No. of solutions - 4

$y^{2}=1+x+x^{2}$

$x^{2}+x+(1-y^{2})=0$ .

Let this be a quadratic equation related to $x$ .From quadratic formula we have :

$x=\frac{-1 \pm \sqrt{1-4*1*(1-y^{2})}}{2}$ .

$x=\frac{-1 \pm \sqrt{4y^{2}-3}}{2}$ .

Since $x$ must be an integer then the discriminant must be a perfect square.We have the equation:

$4y^{2}-3=m^{2}$ for some integer $m$ .

$(2y+m)(2y-m)=3$ .

Since both factors are integers we have the following equations:

$2y+m=3$

$2y-m=1$ .

Solving these equations we get $y=1$ .Plugging these value into the quadratic formula we get $x=0,-1$ .Note that if in the above system we change the places of the constants ie $3$ and $1$ ,this wont affect the problem at all producing in the end the same solutions.Lets proceed with our solution.

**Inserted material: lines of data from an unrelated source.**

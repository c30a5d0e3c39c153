// The methods of the language.

ghost use Rattle.std.specs.Prelude.{◌≡◌, [], IsSome, false, true, unwrap_or};
ghost use Rattle.slack_meaning.specs.Timeline.{first_of_list, second_of_list, perform};
ghost use Rattle.slack_state.specs.Does.{Does};
ghost use Rattle.meaning_state.specs.Texts.{has_value, operation_takes_text};
ghost use Rattle.slack_state.specs.Texts.{act};

use crate::early::{Early, Reason};
use crate::spans::exactly;
use crate::state::State;
use kern_calls::Operation;
use rtio_types::Name;
use slack_meaning::{OpenKind, Span};

/// The first of a call's values, 0 where there is none.
pub fn first_span(spans: &[Span]) -> Span
    ensures { result ≡ first_of_list spans.now }
{
    match spans {
        [] => exactly(0),
        [first, ..] => *first,
    }
}

// The second of a call's values, 0 where there is none.
fn second_span(spans: &[Span]) -> Span
    ensures { result ≡ second_of_list spans.now }
{
    match spans {
        [] => exactly(0),
        [_, rest @ ..] => first_span(rest),
    }
}

impl State {
    ghost use Rattle.slack_state.specs.Does.{DoesAlways};
    ghost use Rattle.slack_state.specs.Texts.{forget};

    // Erases the recording of a name.
    fn forget(&mut self, name: &Name) -> Result<(), Reason>
        ensures { DoesAlways result self.new (forget name.now self.old) }
    {
        self.take_unit()?;
        self.erase(name)
    }
}

/// What a method does with its values and its text. It gives 0 where it has no value.
pub fn perform(
    state: &mut State,
    operation: Operation,
    spans: &[Span],
    text: Option<Name>,
) -> Result<Span, Early>
    requires { operation_takes_text operation ≡ true → IsSome text }
    ensures { Does result state.new (perform operation spans.now (unwrap_or text []) state.old) }
{
    let first = first_span(spans);
    match operation {
        Operation::GateRising(channel) => state.gate(channel, 1, first),
        Operation::GateFalling(channel) => state.gate(channel, 2, first),
        Operation::GateBoth(channel) => state.gate(channel, 3, first),
        Operation::Timestamp(_) => Ok(state.ask_edge(first)?),
        Operation::Count(_) => Ok(state.ask_edge(first)?),
        Operation::Counter => Ok(state.ask_unknown(OpenKind::Reading)?),
        Operation::GetHandle => Ok(state.ask_unknown(OpenKind::Handle)?),
        _ => {
            act(state, operation, spans, text)?;
            Ok(exactly(0))
        }
    }
}

// What a method without a value does.
fn act(
    state: &mut State,
    operation: Operation,
    spans: &[Span],
    text: Option<Name>,
) -> Result<(), Early>
    requires told { operation_takes_text operation ≡ true → IsSome text }
    requires valueless { has_value operation ≡ false }
    ensures { Does result state.new (act operation spans.now (unwrap_or text []) state.old) }
{
    let first = first_span(spans);
    match operation {
        Operation::On(channel) => state.output(channel, 0, 1),
        Operation::Off(channel) => state.output(channel, 0, 0),
        Operation::Pulse(channel) => state.pulse(channel, first),
        Operation::Write(channel) => state.write_raw(channel, first, second_span(spans)),
        Operation::BreakRealtime => Ok(state.move_to_real_time()?),
        Operation::Reset => Ok(state.reset_core()?),
        Operation::WaitUntil => Ok(state.wait_until(first)?),
        Operation::PlaybackHandle => Ok(state.play_handle(first)?),
        Operation::Playback => match text {
            Some(name) => Ok(state.play(&name)?),
            None => unreachable!(),
        },
        Operation::Erase => match text {
            Some(name) => Ok(state.forget(&name)?),
            None => unreachable!(),
        },
        _ => unreachable!(),
    }
}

There is also another system of equations we need to consider since the factors are integers and not $positive$ integers.That is:

$2y+m=-3$

$2y-m=-1$ .

Solving we get $y=-1$ .Plugging in this value into our quadratic formula we get $x=0,-1$ . Thus ,there are in total $\boxed{4}$ solutions which are :

$(0;1),(-1;1),(-1;-1),(0;-1)$ .

$y^2=1+x+x^2$ can be rearranged into $y^2-1=x+x^2$ which can be written as $(y+1)(y-1)=x(x+1)$ . From this we can see that if $x=0, y= -1$ and $x=0, y=1$ . Also, if $x=-1, y=1$ and $x=-1, y=-1$ . These are already four solutions so there is no need to check for more since that is the highest option. So the solution is $\boxed{4}$

Isn't the answer hidden in the question name?